> DESCRIPTION OF THE TASK
Reproduce the data in full, exactly as it appears.

--- AVAILABLE DATA Enclosed Below ---

//! The command that shows the pools and the counters.
ghost use Rattle.std.specs.Prelude.{◌≡◌, ◌++◌, OnOk, string_bytes};
ghost use Rattle.descriptor_script.specs.Sessions.Session.{value_of};
ghost use Rattle.descriptor_lines.specs.LineStates.{line_state};
ghost use Rattle.descriptor_lines.specs.Shown.{pools_answer, show_answer};

use super::Program;
use crate::answer;
use crate::device::LineDevice;
use crate::layouts::Layout;
use std::alloc::AllocError;
use std::string::String;

impl<D: LineDevice> Program<D> {
    /// Puts the pools of each key after the text, under the first layout that has it, and then the
    /// counters, the held sets and the marked load.
    pub(super) fn show(&self, answer: &mut String) -> Result<(), AllocError>
        ensures { OnOk result (string_bytes answer.new ≡ string_bytes answer.old
            ++ show_answer (line_state D.ledger D.script self.now)) }
    {
        for (name, entry) in self.layouts.iter() {
            if entry.is_first {
                self.show_pools(name.as_str(), &entry.layout, answer)?;
            }
        }
        answer::device_answer(answer, &self.device)?;
        let marked = self.session.allocator().update_after_bind_descriptors();
        answer::held_answer(answer, self.session.held(), marked)
    }

    /// Puts the pools of a layout after the text, oldest first.
    fn show_pools(&self, name: &str, layout: &Layout, answer: &mut String) -> Result<(), AllocError>
        ensures { OnOk result (string_bytes answer.new ≡ string_bytes answer.old
            ++ pools_answer (value_of self.now.session).allocator.table (name.now, layout.now)) }
    {
        let allocator = self.session.allocator();
        for index in 0..allocator.pool_count(&layout.counts, layout.mark) {
            if let Some(pool) = allocator.pool(&layout.counts, layout.mark, index) {
                answer::pool_answer(answer, name, &pool)?;
            }
        }
        Ok(())
    }
}
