//! What there is to say of a line, on its way out. It is made as a text first, so that one write is
//! enough if the writer takes it all.
ghost use Rattle.std.specs.Prelude.{◌≡◌, ◌⊎◌, [], Err, IfErr, OnErr, OnOk, string_bytes};
ghost use Rattle.std.specs.Io.KnownBytes.{Appends};
ghost use Rattle.descriptor_lines.specs.Outcomes.{AppendsPrefix, IsNoFault, said_of};

use crate::answer;
use crate::exit::Exit;
use crate::words::Refusal;
use std::io::Write;
use std::string::String;

/// Writes what there is to say of a line. If it returns `Ok`, the text is empty then.
pub fn answer_line<W: Write>(
    output: &mut W,
    answer: &mut String,
    number: u64,
    outcome: Result<(), Refusal>,
) -> Result<(), Exit>
    // Where the line is not faulty.
    ensures ok { OnOk result (IsNoFault outcome) }
    ensures answered { OnOk result (Appends (W.contents output.old) (W.contents output.new)
        (said_of number outcome (string_bytes answer.old))) }
    ensures emptied { OnOk result (string_bytes answer.new ≡ []) }

    // Where it is, and where a write fails.
    ensures bad_line { result ≡ Err Exit.BadLine → ¬ (IsNoFault outcome) }
    ensures told { result ≡ Err Exit.BadLine → Appends (W.contents output.old)
        (W.contents output.new) (said_of number outcome (string_bytes answer.old)) }
    ensures broken { result ≡ Err Exit.WriteFault → AppendsPrefix (W.contents output.old)
        (W.contents output.new) (said_of number outcome (string_bytes answer.old)) }
    ensures err { IfErr result (λ exit. (exit ≡ Exit.BadLine) ⊎ (exit ≡ Exit.WriteFault)) }
{
    match outcome {
        Ok(()) => write_bytes(output, answer.as_bytes())?,
        Err(Refusal::NoMemory) => write_bytes(output, answer::NO_MEMORY.as_bytes())?,
        Err(Refusal::Fault(fault)) => {
            answer.clear();
            // Memory for it is reserved since the start. If the text fails all the same, the line of the
            // fault isn't written, as if a write fails.
            answer::fault_line(answer, number, fault).map_err(|_| Exit::WriteFault)?;
            write_bytes(output, answer.as_bytes())?;
            return Err(Exit::BadLine);
        }
    }
    answer.clear();
    Ok(())
}

/// Writes all of these bytes, where each write takes some of them.
pub fn write_bytes<W: Write>(output: &mut W, bytes: &[u8]) -> Result<(), Exit>
    ensures written { OnOk result (Appends (W.contents output.old) (W.contents output.new)
        bytes.now) }
    ensures prefix { OnErr result (AppendsPrefix (W.contents output.old) (W.contents output.new)
        bytes.now) }
    ensures fault { IfErr result (λ exit. exit ≡ Exit.WriteFault) }
{
    let mut rest = bytes;
    while !rest.is_empty() {
        match output.write(rest) {
            Ok(0) | Err(_) => return Err(Exit::WriteFault),
            Ok(count) => rest = &rest[count..],
        }
    }
    Ok(())
}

--- End of Enclosed AVAILABLE DATA ---

> EXERCISE RESULT
//! The command that shows the pools and the counters.
ghost use Rattle.std.specs.Prelude.{◌≡◌, ◌++◌, OnOk, string_bytes};
ghost use Rattle.descriptor_script.specs.Sessions.Session.{value_of};
ghost use Rattle.descriptor_lines.specs.LineStates.{line_state};
ghost use Rattle.descriptor_lines.specs.Shown.{pools_answer, show_answer};

use super::Program;
use crate::answer;
use crate::device::LineDevice;
use crate::layouts::Layout;
use std::alloc::AllocError;
use std::string::String;

impl<D: LineDevice> Program<D> {
    /// Puts the pools of each key after the text, under the first layout that has it, and then the
    /// counters, the held sets and the marked load.
    pub(super) fn show(&self, answer: &mut String) -> Result<(), AllocError>
        ensures { OnOk result (string_bytes answer.new ≡ string_bytes answer.old
            ++ show_answer (line_state D.ledger D.script self.now)) }
    {
        for (name, entry) in self.layouts.iter() {
            if entry.is_first {
                self.show_pools(name.as_str(), &entry.layout, answer)?;
            }
        }
        answer::device_answer(answer, &self.device)?;
        let marked = self.session.allocator().update_after_bind_descriptors();
        answer::held_answer(answer, self.session.held(), marked)
    }

    /// Puts the pools of a layout after the text, oldest first.
    fn show_pools(&self, name: &str, layout: &Layout, answer: &mut String) -> Result<(), AllocError>
        ensures { OnOk result (string_bytes answer.new ≡ string_bytes answer.old
            ++ pools_answer (value_of self.now.session).allocator.table (name.now, layout.now)) }
    {
        let allocator = self.session.allocator();
        for index in 0..allocator.pool_count(&layout.counts, layout.mark) {
            if let Some(pool) = allocator.pool(&layout.counts, layout.mark, index) {
                answer::pool_answer(answer, name, &pool)?;
            }
        }
        Ok(())
    }
}
//! What there is to say of a line, on its way out. It is made as a text first, so that one write is
//! enough if the writer takes it all.
ghost use Rattle.std.specs.Prelude.{◌≡◌, ◌⊎◌, [], Err, IfErr, OnErr, OnOk, string_bytes};
ghost use Rattle.std.specs.Io.KnownBytes.{Appends};
ghost use Rattle.descriptor_lines.specs.Outcomes.{AppendsPrefix, IsNoFault, said_of};

use crate::answer;
use crate::exit::Exit;
use crate::words::Refusal;
use std::io::Write;
use std::string::String;

/// Writes what there is to say of a line. If it returns `Ok`, the text is empty then.
pub fn answer_line<W: Write>(
    output: &mut W,
    answer: &mut String,
    number: u64,
    outcome: Result<(), Refusal>,
) -> Result<(), Exit>
    // Where the line is not faulty.
    ensures ok { OnOk result (IsNoFault outcome) }
    ensures answered { OnOk result (Appends (W.contents output.old) (W.contents output.new)
        (said_of number outcome (string_bytes answer.old))) }
    ensures emptied { OnOk result (string_bytes answer.new ≡ []) }

    // Where it is, and where a write fails.
    ensures bad_line { result ≡ Err Exit.BadLine → ¬ (IsNoFault outcome) }
    ensures told { result ≡ Err Exit.BadLine → Appends (W.contents output.old)
        (W.contents output.new) (said_of number outcome (string_bytes answer.old)) }
    ensures broken { result ≡ Err Exit.WriteFault → AppendsPrefix (W.contents output.old)
        (W.contents output.new) (said_of number outcome (string_bytes answer.old)) }
    ensures err { IfErr result (λ exit. (exit ≡ Exit.BadLine) ⊎ (exit ≡ Exit.WriteFault)) }
{
    match outcome {
        Ok(()) => write_bytes(output, answer.as_bytes())?,
        Err(Refusal::NoMemory) => write_bytes(output, answer::NO_MEMORY.as_bytes())?,
        Err(Refusal::Fault(fault)) => {
            answer.clear();
            // Memory for it is reserved since the start. If the text fails all the same, the line of the
            // fault isn't written, as if a write fails.
            answer::fault_line(answer, number, fault).map_err(|_| Exit::WriteFault)?;
            write_bytes(output, answer.as_bytes())?;
            return Err(Exit::BadLine);
        }
    }
    answer.clear();
    Ok(())
}

/// Writes all of these bytes, where each write takes some of them.
pub fn write_bytes<W: Write>(output: &mut W, bytes: &[u8]) -> Result<(), Exit>
    ensures written { OnOk result (Appends (W.contents output.old) (W.contents output.new)
        bytes.now) }
    ensures prefix { OnErr result (AppendsPrefix (W.contents output.old) (W.contents output.new)
        bytes.now) }
    ensures fault { IfErr result (λ exit. exit ≡ Exit.WriteFault) }
{
    let mut rest = bytes;
    while !rest.is_empty() {
        match output.write(rest) {
            Ok(0) | Err(_) => return Err(Exit::WriteFault),
            Ok(count) => rest = &rest[count..],
        }
    }
    Ok(())
}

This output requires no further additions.